Is it worth it? I don’t know. Not having to decipher illegible handwritten notes is certainly nice. Having a system that immediately looks for interactions between drugs is a plus. And I do truly love being able to see computed tomography scans from any computer. On the other hand, spending half my day clicking away at a computer rather than thinking about patients or taking 45 minutes to discharge a patient is frustrating.
So what does the future hold? The problem certainly isn’t going away. When President Obama signed the law into place that repealed the Medicare sustainable growth rate formula, that system was replaced by what’s called the merit-based incentive payment system, which proposes to alter our payments based on four metrics: quality, resource use, meaningful use of EHRs, and clinical practice improvement activities. The exact details of what metrics and how that will be scored haven’t been worked out, but I'll wager a pint it will involve more clicking on my computer screen and have nothing to do with patient care.
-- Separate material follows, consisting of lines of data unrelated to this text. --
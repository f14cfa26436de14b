//! What the rows of a stretch stop.
ghost use Rattle.std.specs.Prelude.{◌≡◌, ◌<◌, ◌^◌, ℕ, OnOk};
ghost use Rattle.last_writes.specs.of_code_parts.Uses.{divides_in, may_divide};
ghost use Rattle.last_writes.specs.Last.{AreNoted, noted};
ghost use Rattle.comm_early.specs.Place.{
  IsNewStretch,
  IsNotedRow,
  finished_by,
  place_by,
  stops_all,
};

use crate::load::Load;
use last_writes::node_form::{ExprOp, Instr, Item, Tables};
use last_writes::plan_form::words_of;
use last_writes::{LastWrites, Noted};
use std::alloc::{AllocError, Global};
use zpl_nums::Op;

/// The rows of a stretch that starts don't cross, numbered from 1.
#[derive(Drop)]
pub struct Stretch {
    /// The last that no start crosses, or 0.
    pub least: u64,
    /// The last that write each array and each slot.
    pub written: LastWrites,
    /// The last finish of each exchange.
    pub finished: Noted,
    /// The last that links hold no more messages for.
    pub load: Load,
}

impl Stretch {
    /// No rows. It takes no memory.
    pub fn new(alloc: Global, links: Option<u32>) -> Stretch
        ensures { IsNewStretch links result }
    {
        Stretch {
            least: 0,
            written: LastWrites::new(alloc),
            finished: Noted::new(alloc),
            load: Load::new(alloc, links),
        }
    }

    /// Behind these rows another stretch begins.
    pub fn forget(&mut self, alloc: Global)
        ensures { IsNewStretch self.old.load.links self.new }
    {
        *self = Stretch::new(alloc, self.load.links);
    }

    /// Notes a row. It takes a time linear in the members of its group, the items of its exchange
    /// and the words of its expression.
    pub fn note(&mut self, tables: &Tables, row: Instr, number: u64) -> Result<(), AllocError>
        requires opened { self.old.load.opened < 2 ^ 32 }
        requires starts { self.old.load.starts < 2 ^ 32 }
        requires times { (exchange : ℕ) → noted self.old.load.times exchange < 2 ^ 32 }
        ensures { OnOk result (IsNotedRow tables.now row self.old number self.new) }
    {
        if stops_all(tables, row) {
            self.least = number;
        }
        self.written.note(tables, row, number)?;
        note_finish(&mut self.finished, row, number)?;
        self.load.note(row, number)
    }

    /// The place of the start of an exchange: behind the last row that it doesn't cross. It takes a
    /// time linear in the items.
    pub fn place_of(&self, exchange: u32, items: &[Item]) -> u64
        ensures { result ≡ place_by self.now exchange items.now }
    {
        let finished = self.finished.of(u64::from(exchange));
        let mut place = self.least.max(self.load.full).max(finished);
        for item in items {
            place = place.max(self.written.of(item));
        }
        place
    }
}

fn note_finish(finished: &mut Noted, row: Instr, number: u64) -> Result<(), AllocError>
    ensures { OnOk result (AreNoted finished.old (finished_by row) number finished.new) }
{
    match row {
        Instr::Finish { exchange } => finished.note(u64::from(exchange), number),
        _ => Ok(()),
    }
}

// Whether no start crosses the row, whatever its items are.
fn stops_all(tables: &Tables, row: Instr) -> bool
    ensures { result ≡ stops_all tables.now row }
{
    match row {
        Instr::Fix { .. }
        | Instr::Room { .. }
        | Instr::Clear { .. }
        | Instr::Loop { .. }
        | Instr::Print { .. }
        | Instr::Start { .. }
        | Instr::Finish { .. } => false,
        Instr::Set { expr, .. } | Instr::Number { expr } | Instr::Truth { expr } => {
            may_divide(tables, expr)
        }
        _ => true,
    }
}

fn may_divide(tables: &Tables, expr: u32) -> bool
    ensures { result ≡ may_divide tables.now expr }
{
    for word in words_of(tables, expr) {
        if divides_in(word) {
            return true;
        }
    }
    false
}

fn divides_in(word: &ExprOp) -> bool
    ensures { result ≡ divides_in word.now }
{
    match *word {
        ExprOp::Pair(Op::Div) | ExprOp::Pair(Op::Rem) => true,
        _ => false,
    }
}
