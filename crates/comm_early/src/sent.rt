//! Rows in the order in which they are sent.
ghost use Rattle.std.specs.Prelude.{◌≡◌, ◌++◌, [], OnOk};
ghost use Rattle.comm_early.specs.Written.{IsWrittenTo, other_at};

use last_writes::node_form::{Code, Instr, Rows};
use std::alloc::{AllocError, Global};

/// The rows that are written, and how many rows of the plan they are made of, starts behind these
/// aside.
#[derive(Drop)]
pub struct Sent {
    pub code: Code,
    pub done: u64,
}

impl Sent {
    /// No rows. It takes no memory.
    pub fn new(alloc: Global) -> Sent
        ensures code { result.code ≡ [] }
        ensures done { result.done ≡ 0 }
    {
        Sent {
            code: Rows::new(alloc),
            done: 0,
        }
    }

    /// Writes the rows of the code up to a number, all but the starts.
    pub fn write_to(&mut self, alloc: Global, code: &Code, to: u64) -> Result<(), AllocError>
        ensures { OnOk result (IsWrittenTo code.now self.old to self.new) }
    {
        if to <= self.done {
            return Ok(());
        }
        for i in self.done..to {
            push_other(alloc, &mut self.code, code.get(i).copied())?;
        }
        self.done = to;
        Ok(())
    }
}

fn push_other(alloc: Global, code: &mut Code, row: Option<Instr>) -> Result<(), AllocError>
    ensures { OnOk result (code.new ≡ code.old ++ other_at row) }
{
    match row {
        None | Some(Instr::Start { .. }) => Ok(()),
        Some(other) => code.push(alloc, other),
    }
}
The big question I’m currently wrestling with regarding EHRs and meaningful use, though, is really just a simple math question. Given the costs of maintaining the IT infrastructure for an EHR, the additional staffing costs required to use them, and the decrease in productivity associated with using these systems, when the government stops financially supporting this experiment and goes instead to a system where it decreases the reimbursement for those physicians not using the system, will it make financial sense to simply revert back to paper and take the hit from the government (specifically, the decrease in reimbursement for those providers not able to attest to meaningful use)?
I understand that for larger groups who can amortize the above costs over a larger number of physicians that it might make sense, but for a small-town plumber like me, I doubt it.